(Saved entries)
== Segment start ==

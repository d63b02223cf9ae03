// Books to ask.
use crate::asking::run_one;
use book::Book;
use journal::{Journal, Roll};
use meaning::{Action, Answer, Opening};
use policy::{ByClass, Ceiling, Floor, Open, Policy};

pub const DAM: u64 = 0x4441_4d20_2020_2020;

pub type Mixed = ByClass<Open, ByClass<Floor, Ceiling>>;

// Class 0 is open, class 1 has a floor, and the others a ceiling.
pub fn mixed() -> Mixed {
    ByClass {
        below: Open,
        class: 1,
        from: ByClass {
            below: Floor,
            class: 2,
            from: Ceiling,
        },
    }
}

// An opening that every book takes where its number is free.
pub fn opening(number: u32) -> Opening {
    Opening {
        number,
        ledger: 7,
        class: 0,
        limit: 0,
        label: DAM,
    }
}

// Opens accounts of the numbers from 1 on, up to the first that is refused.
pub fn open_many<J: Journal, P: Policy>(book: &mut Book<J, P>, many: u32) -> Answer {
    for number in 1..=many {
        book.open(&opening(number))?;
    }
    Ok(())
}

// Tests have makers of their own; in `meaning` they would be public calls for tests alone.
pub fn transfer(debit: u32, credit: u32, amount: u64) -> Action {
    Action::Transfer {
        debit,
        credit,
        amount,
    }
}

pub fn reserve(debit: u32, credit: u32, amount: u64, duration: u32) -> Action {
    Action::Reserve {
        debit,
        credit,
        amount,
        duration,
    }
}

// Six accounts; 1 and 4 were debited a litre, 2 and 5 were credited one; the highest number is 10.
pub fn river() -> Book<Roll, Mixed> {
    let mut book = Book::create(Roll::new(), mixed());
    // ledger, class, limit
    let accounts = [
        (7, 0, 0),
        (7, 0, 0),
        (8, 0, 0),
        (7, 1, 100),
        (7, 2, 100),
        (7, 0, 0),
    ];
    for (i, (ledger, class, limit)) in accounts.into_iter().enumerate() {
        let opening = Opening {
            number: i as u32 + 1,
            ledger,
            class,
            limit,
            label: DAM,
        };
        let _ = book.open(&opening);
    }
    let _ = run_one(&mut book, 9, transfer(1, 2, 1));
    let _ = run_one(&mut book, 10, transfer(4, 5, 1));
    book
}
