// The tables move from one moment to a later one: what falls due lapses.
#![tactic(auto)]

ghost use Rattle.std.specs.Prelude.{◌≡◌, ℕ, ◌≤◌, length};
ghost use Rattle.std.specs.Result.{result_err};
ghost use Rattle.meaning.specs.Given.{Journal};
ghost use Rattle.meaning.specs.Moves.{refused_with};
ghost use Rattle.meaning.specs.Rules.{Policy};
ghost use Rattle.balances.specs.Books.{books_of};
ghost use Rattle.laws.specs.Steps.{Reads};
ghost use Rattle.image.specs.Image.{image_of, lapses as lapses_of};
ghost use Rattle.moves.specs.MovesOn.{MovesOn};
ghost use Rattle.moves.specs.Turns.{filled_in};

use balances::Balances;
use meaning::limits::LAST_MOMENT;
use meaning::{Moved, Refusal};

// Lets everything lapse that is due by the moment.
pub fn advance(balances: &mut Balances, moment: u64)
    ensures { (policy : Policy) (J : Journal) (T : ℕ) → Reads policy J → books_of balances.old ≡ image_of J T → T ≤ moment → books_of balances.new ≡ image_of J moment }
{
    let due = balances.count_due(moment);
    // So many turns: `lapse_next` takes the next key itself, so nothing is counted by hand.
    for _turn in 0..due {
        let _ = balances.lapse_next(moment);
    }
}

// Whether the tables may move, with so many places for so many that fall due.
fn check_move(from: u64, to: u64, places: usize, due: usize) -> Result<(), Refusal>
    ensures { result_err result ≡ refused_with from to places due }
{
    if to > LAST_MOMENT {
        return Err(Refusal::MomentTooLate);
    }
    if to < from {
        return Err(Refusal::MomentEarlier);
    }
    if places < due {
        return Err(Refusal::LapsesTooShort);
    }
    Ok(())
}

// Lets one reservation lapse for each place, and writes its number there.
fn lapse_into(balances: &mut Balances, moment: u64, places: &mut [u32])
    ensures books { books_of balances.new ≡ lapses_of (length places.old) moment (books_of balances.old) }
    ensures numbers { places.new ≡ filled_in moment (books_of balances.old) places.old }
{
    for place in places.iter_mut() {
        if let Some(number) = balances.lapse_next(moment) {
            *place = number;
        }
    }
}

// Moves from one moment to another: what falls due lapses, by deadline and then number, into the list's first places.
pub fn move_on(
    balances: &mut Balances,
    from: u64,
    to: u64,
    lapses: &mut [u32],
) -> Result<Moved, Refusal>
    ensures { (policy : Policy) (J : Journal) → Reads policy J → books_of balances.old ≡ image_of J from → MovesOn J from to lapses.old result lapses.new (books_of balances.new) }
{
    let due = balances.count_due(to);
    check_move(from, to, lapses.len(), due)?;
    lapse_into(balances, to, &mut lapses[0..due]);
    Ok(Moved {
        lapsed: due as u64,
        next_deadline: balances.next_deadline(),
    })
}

== Segment end ==

## The task
Look above for the line with "Books to ask."; retype exactly that line, every line after it up to the line with "pub fn river()", and that line too, nothing else.

## Finished task
// Books to ask.
use crate::asking::run_one;
use book::Book;
use journal::{Journal, Roll};
use meaning::{Action, Answer, Opening};
use policy::{ByClass, Ceiling, Floor, Open, Policy};

pub const DAM: u64 = 0x4441_4d20_2020_2020;

pub type Mixed = ByClass<Open, ByClass<Floor, Ceiling>>;

// Class 0 is open, class 1 has a floor, and the others a ceiling.
pub fn mixed() -> Mixed {
    ByClass {
        below: Open,
        class: 1,
        from: ByClass {
            below: Floor,
            class: 2,
            from: Ceiling,
        },
    }
}

// An opening that every book takes where its number is free.
pub fn opening(number: u32) -> Opening {
    Opening {
        number,
        ledger: 7,
        class: 0,
        limit: 0,
        label: DAM,
    }
}

// Opens accounts of the numbers from 1 on, up to the first that is refused.
pub fn open_many<J: Journal, P: Policy>(book: &mut Book<J, P>, many: u32) -> Answer {
    for number in 1..=many {
        book.open(&opening(number))?;
    }
    Ok(())
}

// Tests have makers of their own; in `meaning` they would be public calls for tests alone.
pub fn transfer(debit: u32, credit: u32, amount: u64) -> Action {
    Action::Transfer {
        debit,
        credit,
        amount,
    }
}

pub fn reserve(debit: u32, credit: u32, amount: u64, duration: u32) -> Action {
    Action::Reserve {
        debit,
        credit,
        amount,
        duration,
    }
}

// Six accounts; 1 and 4 were debited a litre, 2 and 5 were credited one; the highest number is 10.
pub fn river() -> Book<Roll, Mixed> {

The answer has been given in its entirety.